Return exactly the span of lines that opens with the line containing "All IsBlock self.now" and closes with the last line of the data, inclusive.
▼▼▼
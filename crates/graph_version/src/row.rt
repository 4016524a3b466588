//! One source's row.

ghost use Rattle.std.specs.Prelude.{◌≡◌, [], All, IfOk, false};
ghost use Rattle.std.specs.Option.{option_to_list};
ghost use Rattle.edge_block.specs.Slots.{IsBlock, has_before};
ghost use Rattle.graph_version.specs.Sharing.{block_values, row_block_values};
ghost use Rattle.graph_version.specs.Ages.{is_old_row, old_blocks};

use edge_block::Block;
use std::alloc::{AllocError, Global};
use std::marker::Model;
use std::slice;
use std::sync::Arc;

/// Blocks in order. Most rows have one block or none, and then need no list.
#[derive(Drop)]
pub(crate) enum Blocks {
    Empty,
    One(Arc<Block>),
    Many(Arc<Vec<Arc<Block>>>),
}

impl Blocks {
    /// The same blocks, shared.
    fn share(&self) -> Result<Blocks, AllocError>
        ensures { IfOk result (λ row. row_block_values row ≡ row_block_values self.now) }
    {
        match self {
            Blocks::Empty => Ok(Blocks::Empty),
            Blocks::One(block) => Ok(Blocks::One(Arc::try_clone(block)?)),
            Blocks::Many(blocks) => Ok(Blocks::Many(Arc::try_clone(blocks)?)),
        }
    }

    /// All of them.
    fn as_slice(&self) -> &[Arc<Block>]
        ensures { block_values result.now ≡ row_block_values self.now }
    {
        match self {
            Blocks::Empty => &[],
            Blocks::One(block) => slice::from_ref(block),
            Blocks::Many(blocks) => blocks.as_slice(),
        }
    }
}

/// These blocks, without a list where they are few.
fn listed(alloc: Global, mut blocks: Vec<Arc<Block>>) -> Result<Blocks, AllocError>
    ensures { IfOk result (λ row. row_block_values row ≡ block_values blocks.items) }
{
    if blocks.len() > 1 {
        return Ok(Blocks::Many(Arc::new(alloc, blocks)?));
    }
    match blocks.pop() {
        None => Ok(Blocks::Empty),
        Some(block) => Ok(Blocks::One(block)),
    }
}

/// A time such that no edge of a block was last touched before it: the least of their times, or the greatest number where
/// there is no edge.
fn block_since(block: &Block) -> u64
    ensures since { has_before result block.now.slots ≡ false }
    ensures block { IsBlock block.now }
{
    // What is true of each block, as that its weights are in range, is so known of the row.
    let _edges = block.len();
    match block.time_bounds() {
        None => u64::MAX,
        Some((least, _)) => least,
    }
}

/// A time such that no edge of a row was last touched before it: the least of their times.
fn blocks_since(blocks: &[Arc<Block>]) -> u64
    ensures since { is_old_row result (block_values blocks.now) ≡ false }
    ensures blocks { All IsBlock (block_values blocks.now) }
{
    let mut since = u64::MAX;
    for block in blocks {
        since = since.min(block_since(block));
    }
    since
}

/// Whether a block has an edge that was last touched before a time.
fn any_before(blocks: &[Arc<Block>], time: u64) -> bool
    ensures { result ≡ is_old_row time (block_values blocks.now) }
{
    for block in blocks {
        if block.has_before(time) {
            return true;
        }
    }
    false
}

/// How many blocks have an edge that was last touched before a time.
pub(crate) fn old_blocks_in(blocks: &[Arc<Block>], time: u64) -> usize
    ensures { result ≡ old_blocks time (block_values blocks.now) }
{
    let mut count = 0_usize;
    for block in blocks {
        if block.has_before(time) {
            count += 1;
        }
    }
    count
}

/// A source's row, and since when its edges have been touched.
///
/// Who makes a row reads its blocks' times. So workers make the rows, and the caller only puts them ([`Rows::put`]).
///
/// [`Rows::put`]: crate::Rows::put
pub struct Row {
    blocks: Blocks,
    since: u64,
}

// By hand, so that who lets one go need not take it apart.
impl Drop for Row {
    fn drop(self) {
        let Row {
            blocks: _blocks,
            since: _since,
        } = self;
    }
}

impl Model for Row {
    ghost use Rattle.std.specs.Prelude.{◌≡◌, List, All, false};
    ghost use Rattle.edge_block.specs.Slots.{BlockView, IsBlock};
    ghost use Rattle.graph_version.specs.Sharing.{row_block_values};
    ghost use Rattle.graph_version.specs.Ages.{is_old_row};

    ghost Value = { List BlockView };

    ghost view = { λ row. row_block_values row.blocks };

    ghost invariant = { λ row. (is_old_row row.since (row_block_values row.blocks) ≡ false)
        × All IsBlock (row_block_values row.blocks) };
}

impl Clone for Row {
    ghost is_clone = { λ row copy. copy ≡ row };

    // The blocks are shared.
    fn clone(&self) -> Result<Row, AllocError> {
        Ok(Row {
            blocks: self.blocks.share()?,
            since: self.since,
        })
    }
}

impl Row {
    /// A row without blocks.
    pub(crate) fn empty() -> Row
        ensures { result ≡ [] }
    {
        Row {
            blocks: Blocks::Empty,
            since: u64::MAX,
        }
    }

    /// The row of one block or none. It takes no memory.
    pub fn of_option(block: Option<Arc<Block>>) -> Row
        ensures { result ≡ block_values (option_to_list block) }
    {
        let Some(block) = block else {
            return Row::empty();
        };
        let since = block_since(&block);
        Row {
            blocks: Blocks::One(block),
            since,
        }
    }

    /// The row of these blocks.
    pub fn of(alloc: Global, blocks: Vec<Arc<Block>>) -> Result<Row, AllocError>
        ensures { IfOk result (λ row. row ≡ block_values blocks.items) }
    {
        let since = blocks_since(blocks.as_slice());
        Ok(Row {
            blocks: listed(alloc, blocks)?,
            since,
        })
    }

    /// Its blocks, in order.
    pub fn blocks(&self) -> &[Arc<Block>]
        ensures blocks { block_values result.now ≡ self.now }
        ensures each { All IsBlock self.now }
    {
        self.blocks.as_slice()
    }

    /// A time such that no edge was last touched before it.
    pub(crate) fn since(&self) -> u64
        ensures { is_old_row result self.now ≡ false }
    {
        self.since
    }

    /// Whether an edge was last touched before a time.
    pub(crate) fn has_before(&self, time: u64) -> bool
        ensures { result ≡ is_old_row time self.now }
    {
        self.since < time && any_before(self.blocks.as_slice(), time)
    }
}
▲▲▲
### Completed exercise
        ensures each { All IsBlock self.now }
    {
        self.blocks.as_slice()
    }

    /// A time such that no edge was last touched before it.
    pub(crate) fn since(&self) -> u64
        ensures { is_old_row result self.now ≡ false }
    {
        self.since
    }

    /// Whether an edge was last touched before a time.
    pub(crate) fn has_before(&self, time: u64) -> bool
        ensures { result ≡ is_old_row time self.now }
    {
        self.since < time && any_before(self.blocks.as_slice(), time)
    }
}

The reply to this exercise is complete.